The following figure shows a typical learning curve for a supervised learning problem:

validation_curve

A typical learning curve.

Loss vs. epoch graphs

Another common type of training curves are Loss vs. epoch graphs, where in the Y axis we have a loss function to minimize (an "error") and on the X axis we have the number of epochs (iterations) of the training algorithm (sort of like the time axis).

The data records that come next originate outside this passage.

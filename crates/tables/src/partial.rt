//! Partial results: what is known of some pieces of an input.

ghost use Rattle.std.specs.Prelude.{◌≡◌, ◌<◌, ◌≤◌, ◌∷◌, [], All, IfOk, length};
ghost use Rattle.tables.specs.declared.piece_refusals.PieceRefusals.{PieceRefusals};
ghost use Rattle.std.proofs.Props.{props};
ghost use Rattle.tables.specs.Notes.{IsWellNumbered, line_count, notes_in};
ghost use Rattle.tables.specs.Partials.{notes_of_one};
ghost use Rattle.group_tables.specs.Table.{IsCounted};
ghost use Rattle.semantics.specs.Limits.{input_limit};

use crate::contents::PartialContents;
use crate::fold::{Folding, empty_table, piece_table, read_onto};
use crate::groups::Groups;
use crate::laws::members_law;
use crate::merge::merge_tables;
use crate::numbers::{gather, gather_behind, number};
use crate::piece_refusals::PieceRefusals;
use crate::refusals::Refusals;
use crate::rows::rows_of;
use crate::shape::Shape;
use group_tables::{Executor, Group, Serial, Table, entries_law, roll_law};
use lines::LineFault;
use query_plan::Plan;
use std::alloc::{AllocError, Global};
use std::marker::Model;
use values::GroupEntry;

/// The result of a query over some pieces of an input: the groups of their valid records that are
/// kept, the counts of their lines, and their refused lines.
///
/// Partial results of all pieces, merged in any order, give the result of the whole input.
///
/// Example: an input is cut behind its third line, and a result made of each of the two pieces,
/// with the indexes 0 and 1; merged either way round and finished, they give the groups and the
/// refused lines of the input.
pub struct Partial {
    alloc: Global,
    shape: Shape,
    table: Table,
    lines: u64,
    refused: u64,
    notes: Vec<PieceRefusals>,
    ghost few: { lines < input_limit },
    ghost fewer: { refused ≤ lines },
    ghost within: { IsCounted lines shape.functions.items table } by { Prim.hlevel props },
    ghost counted: { line_count (notes_in notes) ≡ lines },
    ghost numbered: { All IsWellNumbered (notes_in notes) } by { Prim.hlevel props },
}

// A function of its own: a derived one is written out, and proved, wherever a result is given up.
impl Drop for Partial {
    fn drop(self) {
        let Partial {
            alloc: _,
            shape,
            table,
            lines: _,
            refused: _,
            notes,
        } = self;
        drop(shape);
        drop(table);
        drop(notes);
    }
}

impl Model for Partial {
    ghost use Rattle.std.specs.Coded.{codes};
    ghost use Rattle.std.specs.Prelude.{map, string_bytes};
    ghost use Rattle.semantics.specs.contracts.line_fault.LineFault as line_fault;
    ghost use Rattle.query_resolve.specs.contracts.function.FilteredFunction as filtered_function;
    ghost use Rattle.query_resolve.specs.Resolution.{contents};
    ghost use Rattle.group_tables.specs.Table.{coded_contents};
    ghost use Rattle.semantics.specs.Lists.{sorted_by};
    ghost use Rattle.tables.specs.Notes.{note_order, notes_in};
    ghost use Rattle.tables.specs.States.{PartialState};

    ghost Value = { PartialState };

    ghost coded = { Prim.hlevel
        (codes, coded_contents, filtered_function.the_row.coded, line_fault.the_row.coded) };

    ghost view = { λ p. record {
      sets = contents p.shape.sets.items;
      functions = p.shape.functions.items;
      filters = map string_bytes p.shape.filters.items;
      table = p.table;
      lines = p.lines;
      refused = p.refused;
      notes = sorted_by note_order (notes_in p.notes);
    } };
}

These curves are used to monitor the training process of a model over time, and to determine when to stop training (typically when the loss function is not decreasing anymore, and before it starts increasing again). The following figure shows a loss vs. epoch graph for a neural network:

validation_curve

A **loss vs. epoch graph** example.

Common pitfalls

Overfitting

Overfitting is a modeling error that occurs when a function is too closely fit to a limited set of data points. Overfitting the model generally takes the form of making an overly complex model to explain idiosyncrasies in the data under study. In reality, the data being studied often has some degree of error or random noise within it. Thus, attempting to make the model conform too closely to slightly inaccurate data can infect the model with substantial errors and reduce its predictive power.

Underfitting

Underfitting occurs when a statistical model or machine learning algorithm cannot capture the underlying trend of the data. Intuitively, underfitting occurs when the model or the algorithm does not fit the data well enough. More specifically, underfitting occurs if the model or algorithm shows low variance but high bias. Underfitting is often a result of an excessively simple model.

Data leakage

Data leakage is a problem that occurs when information about the target variable is inadvertently introduced into the training data. This can cause the model to perform unrealistically well during training, but perform poorly during testing.

Note

If we are not careful with time series data when splitting the data into training and test sets, we can introduce data leakage by using information from the future to predict the past!

Class imbalance

Class imbalance is a problem that occurs when the number of observations in each class is not equal. This can cause problems when training a model, since the model will tend to predict the most common class. For example, if we have a dataset with 99% of the observations belonging to class A and 1% belonging to class B, a classifier that always predicts class A will have an accuracy of 99%, even though it is a useless classifier. In this case, a better metric would be the AUROC.

Curse of dimensionality

The curse of dimensionality refers to various phenomena that arise when analyzing and organizing data in high-dimensional spaces that do not occur in low-dimensional settings such as the three-dimensional physical space of everyday experience.

In machine learning, the curse of dimensionality is often used to refer to the fact that the performance of many machine learning algorithms degrades as the number of features increases. This is because, as the number of features increases, the number of observations required to obtain a good model increases exponentially with the number of features.